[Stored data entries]
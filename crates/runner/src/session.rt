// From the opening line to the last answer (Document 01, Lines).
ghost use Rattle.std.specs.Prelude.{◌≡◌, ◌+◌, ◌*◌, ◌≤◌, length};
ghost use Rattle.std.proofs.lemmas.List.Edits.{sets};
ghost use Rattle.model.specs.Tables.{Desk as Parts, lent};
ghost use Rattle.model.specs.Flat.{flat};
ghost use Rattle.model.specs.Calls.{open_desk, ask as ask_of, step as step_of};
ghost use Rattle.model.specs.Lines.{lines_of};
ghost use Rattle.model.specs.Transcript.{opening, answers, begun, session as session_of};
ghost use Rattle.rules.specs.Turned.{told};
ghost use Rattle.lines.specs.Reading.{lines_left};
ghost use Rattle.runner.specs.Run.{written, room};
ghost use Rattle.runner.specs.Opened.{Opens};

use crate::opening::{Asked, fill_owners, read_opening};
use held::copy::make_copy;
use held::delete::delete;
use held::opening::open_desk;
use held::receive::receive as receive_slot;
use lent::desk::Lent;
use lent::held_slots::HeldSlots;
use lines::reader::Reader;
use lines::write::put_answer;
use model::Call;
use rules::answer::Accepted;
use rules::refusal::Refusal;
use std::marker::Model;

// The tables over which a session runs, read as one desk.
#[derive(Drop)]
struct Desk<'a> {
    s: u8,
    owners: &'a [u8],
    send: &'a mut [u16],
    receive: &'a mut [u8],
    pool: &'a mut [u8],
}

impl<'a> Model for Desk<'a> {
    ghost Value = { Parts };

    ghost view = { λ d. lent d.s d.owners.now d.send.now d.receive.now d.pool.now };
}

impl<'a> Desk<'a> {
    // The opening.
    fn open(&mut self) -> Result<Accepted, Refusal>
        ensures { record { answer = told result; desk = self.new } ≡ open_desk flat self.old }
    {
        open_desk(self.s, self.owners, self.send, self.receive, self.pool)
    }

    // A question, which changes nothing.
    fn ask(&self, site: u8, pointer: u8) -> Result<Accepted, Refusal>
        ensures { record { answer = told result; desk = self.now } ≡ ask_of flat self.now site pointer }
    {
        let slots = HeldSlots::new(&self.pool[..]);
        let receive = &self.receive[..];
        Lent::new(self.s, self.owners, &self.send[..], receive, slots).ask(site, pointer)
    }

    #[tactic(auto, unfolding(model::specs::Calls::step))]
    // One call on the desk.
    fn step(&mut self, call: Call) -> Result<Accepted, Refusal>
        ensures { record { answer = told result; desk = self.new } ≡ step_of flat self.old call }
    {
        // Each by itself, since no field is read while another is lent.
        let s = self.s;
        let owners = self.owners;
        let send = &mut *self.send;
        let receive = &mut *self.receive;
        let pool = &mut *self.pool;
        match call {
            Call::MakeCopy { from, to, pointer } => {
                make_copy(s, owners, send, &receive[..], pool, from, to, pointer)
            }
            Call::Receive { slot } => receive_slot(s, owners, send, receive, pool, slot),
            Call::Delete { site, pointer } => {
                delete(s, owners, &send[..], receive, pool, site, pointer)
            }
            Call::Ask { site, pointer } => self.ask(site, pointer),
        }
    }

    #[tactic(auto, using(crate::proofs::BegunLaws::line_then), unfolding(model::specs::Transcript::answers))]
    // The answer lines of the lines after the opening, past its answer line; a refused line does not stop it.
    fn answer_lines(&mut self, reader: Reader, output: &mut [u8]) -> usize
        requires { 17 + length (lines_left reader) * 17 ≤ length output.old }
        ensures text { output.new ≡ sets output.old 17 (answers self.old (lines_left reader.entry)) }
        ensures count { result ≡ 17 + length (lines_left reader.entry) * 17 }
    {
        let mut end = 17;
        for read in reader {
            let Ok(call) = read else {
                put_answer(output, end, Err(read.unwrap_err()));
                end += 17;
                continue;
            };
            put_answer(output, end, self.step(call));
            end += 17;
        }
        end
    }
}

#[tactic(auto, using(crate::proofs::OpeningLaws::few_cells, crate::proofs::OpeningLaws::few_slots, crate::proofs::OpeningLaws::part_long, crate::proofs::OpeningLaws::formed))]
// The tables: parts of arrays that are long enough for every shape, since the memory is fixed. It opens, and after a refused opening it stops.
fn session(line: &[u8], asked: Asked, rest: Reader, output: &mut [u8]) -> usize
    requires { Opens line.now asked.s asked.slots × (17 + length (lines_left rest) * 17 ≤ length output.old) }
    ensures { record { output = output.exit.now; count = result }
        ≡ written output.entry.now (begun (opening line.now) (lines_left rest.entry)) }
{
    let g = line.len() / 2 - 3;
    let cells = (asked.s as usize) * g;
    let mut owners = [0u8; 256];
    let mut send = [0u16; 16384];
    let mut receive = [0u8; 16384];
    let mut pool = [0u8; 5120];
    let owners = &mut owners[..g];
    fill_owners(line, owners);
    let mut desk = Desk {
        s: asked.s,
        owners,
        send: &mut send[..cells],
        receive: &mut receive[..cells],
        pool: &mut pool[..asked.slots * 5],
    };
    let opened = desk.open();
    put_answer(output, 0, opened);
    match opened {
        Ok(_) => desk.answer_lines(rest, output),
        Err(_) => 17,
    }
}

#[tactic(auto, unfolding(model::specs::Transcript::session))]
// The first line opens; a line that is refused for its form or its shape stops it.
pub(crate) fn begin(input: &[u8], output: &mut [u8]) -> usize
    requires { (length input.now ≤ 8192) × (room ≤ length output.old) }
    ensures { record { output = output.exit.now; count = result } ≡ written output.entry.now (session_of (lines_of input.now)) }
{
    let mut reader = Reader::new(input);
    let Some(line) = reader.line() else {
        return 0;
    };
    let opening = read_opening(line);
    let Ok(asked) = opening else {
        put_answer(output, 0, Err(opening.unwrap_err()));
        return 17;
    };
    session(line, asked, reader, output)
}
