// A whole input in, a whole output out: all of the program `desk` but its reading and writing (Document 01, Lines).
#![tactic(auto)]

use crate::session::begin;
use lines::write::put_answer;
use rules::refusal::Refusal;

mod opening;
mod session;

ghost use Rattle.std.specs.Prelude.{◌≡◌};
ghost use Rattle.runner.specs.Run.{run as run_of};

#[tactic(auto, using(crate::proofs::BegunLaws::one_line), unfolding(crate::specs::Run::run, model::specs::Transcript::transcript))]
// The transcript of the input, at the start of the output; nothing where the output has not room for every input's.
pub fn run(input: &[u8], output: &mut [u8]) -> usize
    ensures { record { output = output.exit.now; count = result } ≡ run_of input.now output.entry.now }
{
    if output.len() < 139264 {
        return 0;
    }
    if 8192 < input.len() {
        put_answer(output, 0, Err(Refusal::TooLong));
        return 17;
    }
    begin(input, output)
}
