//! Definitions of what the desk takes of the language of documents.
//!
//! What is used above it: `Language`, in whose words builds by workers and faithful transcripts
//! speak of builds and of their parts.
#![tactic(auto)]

Task goal:
Across the entries, each line containing the word "every" is to be counted once; the total alone is to be given.

Response for this exercise:
2